Task statement - Read the data below. Every line holding the string "struct" must be copied.

Data shown -

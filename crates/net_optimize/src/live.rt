//! Wires and registers on which outputs, memories and stops depend.

use crate::sections::Sections;
use crate::sources::{Sources, sources_of};
use net_core::design::Wire;
use net_core::tree::{Expr, Net, Parts, Right};
use std::alloc::{AllocError, Global};

// The number of no net.
const NONE: u32 = u32::MAX;

// Which nets are read. Those whose sources are yet to be looked at are linked, the last one first.
#[derive(Drop)]
struct Reached {
    are_read: Vec<bool>,
    last: u32,
    // Behind each net that is linked the next one.
    behind: Vec<u32>,
}

impl Reached {
    fn none(alloc: Global, count: usize) -> Result<Reached, AllocError> {
        Ok(Reached {
            are_read: vec![in alloc; false; count]?,
            last: NONE,
            behind: vec![in alloc; NONE; count]?,
        })
    }

    fn has(&self, k: usize) -> bool {
        self.are_read.get(k).copied().unwrap_or(false)
    }

    fn add(&mut self, k: u32) {
        let at = k as usize;
        match self.are_read.get_mut(at) {
            Some(is_read) if !*is_read => *is_read = true,
            _ => return,
        }
        let last = self.last;
        if let Some(behind) = self.behind.get_mut(at) {
            *behind = last;
        }
        self.last = k;
    }

    // The last net that is linked, and is so no more.
    fn take(&mut self) -> usize {
        let at = self.last as usize;
        self.last = self.behind.get(at).copied().unwrap_or(NONE);
        at
    }
}

/// Which wires and registers are read by what has to stay. A register is read as the first of those that hold the same.
#[derive(Drop)]
pub(crate) struct Live {
    wires: Reached,
    registers: Reached,
    firsts: Vec<u32>,
}

impl Live {
    /// Whether a wire has to stay.
    pub(crate) fn has_wire(&self, wire: usize) -> bool {
        self.wires.has(wire)
    }

    /// Whether a register has to stay.
    pub(crate) fn has_register(&self, register: usize) -> bool {
        self.registers.has(register)
    }

    fn read(&mut self, n: Net) {
        match n {
            Net::Wire(i) => self.wires.add(i),
            Net::Register(i) => {
                let first = self.firsts.get(i as usize).copied().unwrap_or(i);
                self.registers.add(first);
            }
            Net::Port(_) | Net::Memory(_) => {}
        }
    }

    #[cycle(expressions)]
    fn read_expr(&mut self, e: &Expr<Net>) {
        match e {
            Expr::Const(_) => {}
            Expr::Read(n) | Expr::Bit(n, _) | Expr::PartSelect(n, _, _) => self.read(*n),
            Expr::MemoryWord(_, a) | Expr::Unary(_, a) => self.read_expr(a),
            Expr::Binary(_, a, b) => {
                self.read_expr(a);
                self.read_expr(b);
            }
            Expr::Conditional(c, a, b) => {
                self.read_expr(c);
                self.read_expr(a);
                self.read_expr(b);
            }
            Expr::Concatenation(parts) => self.read_parts(parts),
        }
    }

    #[cycle(expressions)]
    fn read_parts(&mut self, parts: &Parts<Net>) {
        let mut left = parts;
        loop {
            match left {
                Parts::Last(a) => {
                    self.read_expr(a);
                    return;
                }
                Parts::More(a, more) => {
                    self.read_expr(a);
                    left = more;
                }
            }
        }
    }

    fn read_right(&mut self, right: &Right<Net>) {
        match right {
            Right::Plain(e) => self.read_expr(e),
            Right::Quotient(a, b) | Right::Remainder(a, b) => {
                self.read(*a);
                self.read(*b);
            }
        }
    }

    // Each wire is looked at once.
    fn read_wires(&mut self, wires: &[Wire]) {
        for _ in 0..wires.len() {
            let Some(wire) = wires.get(self.wires.take()) else {
                return;
            };
            self.read_right(&wire.right);
        }
    }

    // What outputs show, what memories hold, and what may stop the clock.
    fn begin(&mut self, sections: &Sections, memories: &[&Expr<Net>]) {
        let mut at = 0;
        for wire in &sections.wires {
            if !matches!(wire.right, Right::Plain(_)) {
                self.wires.add(at);
            }
            at = at.saturating_add(1);
        }
        for assign in &sections.assigns {
            self.read_expr(&assign.value);
        }
        for e in memories {
            self.read_expr(*e);
        }
    }

    // Each register is looked at once, when the wires that are read are looked at.
    fn read_sources(&mut self, wires: &[Wire], sources: &Sources) {
        for _ in 0..sources.registers.len() {
            self.read_wires(wires);
            let Some(all) = sources.registers.get(self.registers.take()) else {
                return;
            };
            for e in all {
                self.read_expr(*e);
            }
        }
        self.read_wires(wires);
    }
}

/// What has to stay of the wires and registers of these sections, in time of their length.
pub(crate) fn live_nets(
    alloc: Global,
    sections: &Sections,
    registers: usize,
    firsts: &[u32],
) -> Result<Live, AllocError> {
    let sources = sources_of(alloc, &sections.always, registers)?;
    let mut live = Live {
        wires: Reached::none(alloc, sections.wires.len())?,
        registers: Reached::none(alloc, registers)?,
        firsts: Vec::from_slice(alloc, firsts)?,
    };
    live.begin(sections, &sources.memories);
    live.read_sources(&sections.wires, &sources);
    Ok(live)
}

Result for this task -
struct Reached {
pub(crate) struct Live {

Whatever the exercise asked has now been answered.